Problem statement: Which lines in the records below contain the word "alloc"? Copy each one out.

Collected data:

//! Programs, with the status and the report of each.

use super::job::{Left, Outside, serve_words};
use std::alloc::{AllocError, Global};
use std::test::Fail;

const NOT_YET: &str = "refused notyet at 1:1\n";

// The reports of one-line programs: an unfolding, on one processor.
fn value(alloc: Global, value: &str) -> Result<String, AllocError> {
    format!(in alloc; "value {value}\nunfoldings 1\nwork 1\nmessages 0\n")
}

fn overflow(alloc: Global, column: u32) -> Result<String, AllocError> {
    format!(in alloc; "trap overflow at 1:{column}\nunfoldings 1\nwork 1\nmessages 0\n")
}

fn left(alloc: Global, text: &[u8]) -> Result<Left, Fail> {
    let outside = Outside {
        name: "file",
        text,
        failing_loads: &[],
        failing_puts: &[],
        room: 1000,
    };
    serve_words(alloc, &["hdc", "run", "file"], &outside)
}

// A text and its value.
const VALUES: [(&str, &str); 32] = [
    // A literal, and the usual precedence.
    ("main = 7", "7"),
    ("main = 1 + 2 * 3", "7"),
    ("main = 1 * 2 + 3", "5"),
    ("main = 2 * 3 + 4 * 5", "26"),
    ("main = 2 + 3 * 4 + 5", "19"),
    ("main = 2 * 3 * 4", "24"),
    ("main = 2 * 3 - 4 * 5", "-14"),
    ("main = 20 - 2 * 3", "14"),
    ("main = 0 * 9223372036854775807", "0"),
    ("main = 9223372036854775807", "9223372036854775807"),
    ("main = 9223372036854775806 + 1", "9223372036854775807"),
    ("main = 0 - 9223372036854775807 - 1", "-9223372036854775808"),
    // Operators of one precedence associate to the left.
    ("main = 10 - 3 - 2", "5"),
    ("main = 10 - 3 + 2", "9"),
    ("main = 10 + 3 - 2 + 4 - 5", "10"),
    ("main = 1 - 2", "-1"),
    // Parentheses.
    ("main = (2 - 5) * 4", "-12"),
    ("main = 10 - (3 - 2)", "9"),
    ("main = 2 * (3 + 4) * 5", "70"),
    ("main = (((7)))", "7"),
    ("main = (1 + 2) * (3 + 4)", "21"),
    ("main = 100 - (1 + (2 + (3 + (4))))", "90"),
    ("main = (0 - 3) * (0 - 4)", "12"),
    ("main = (1) - (2)", "-1"),
    ("main = ((1 + 2) * 3 - (4 - 5) * 6)", "15"),
    // White, and leading zeros.
    ("main=1+2*3", "7"),
    ("main=(1-2)*(3-4)", "1"),
    ("main = ( 1 + 2 ) ", "3"),
    ("  main  =  1  +  2  \n \n\n", "3"),
    ("main = 0010 + 000000000000000000000000007", "17"),
    ("main = 1\n", "1"),
    ("main=0", "0"),
];

#[test]
fn each_program_gives_its_value(rt: HostRuntime) -> Result<(), Fail> {
    for (text, number) in VALUES {
        let left = left(rt.alloc(), text.as_bytes())?;
        let report = value(rt.alloc(), number)?;
        assert_eq!(rt; left.status, 0, "of {text}");
        assert_eq!(rt; left.output.as_slice(), report.as_bytes(), "of {text}");
    }
    Ok(())
}

// A text and the column of its trap.
const OVERFLOWS: [(&str, u32); 9] = [
    ("main = 9223372036854775807 + 1", 28),
    ("main = 4611686018427387904 * 2", 28),
    ("main = 0 - 9223372036854775807 - 2", 32),
    ("main = 1 + 9223372036854775807 * 1 + 5 * 2", 10),
    ("main=9223372036854775807*2+9223372036854775807*3", 25),
    ("main = 1 + 4611686018427387904 * 2", 32),
    ("main = 1 - (2 * (9223372036854775807 + 1))", 38),
    (
        "main = (9223372036854775807 + 1) * (9223372036854775807 + 2)",
        29,
    ),
    ("main = (1 - 2) * 9223372036854775807 - (1 + 1)", 38),
];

Solved problem:
use std::alloc::{AllocError, Global};
fn value(alloc: Global, value: &str) -> Result<String, AllocError> {
    format!(in alloc; "value {value}\nunfoldings 1\nwork 1\nmessages 0\n")
fn overflow(alloc: Global, column: u32) -> Result<String, AllocError> {
    format!(in alloc; "trap overflow at 1:{column}\nunfoldings 1\nwork 1\nmessages 0\n")
fn left(alloc: Global, text: &[u8]) -> Result<Left, Fail> {
    serve_words(alloc, &["hdc", "run", "file"], &outside)
        let left = left(rt.alloc(), text.as_bytes())?;
        let report = value(rt.alloc(), number)?;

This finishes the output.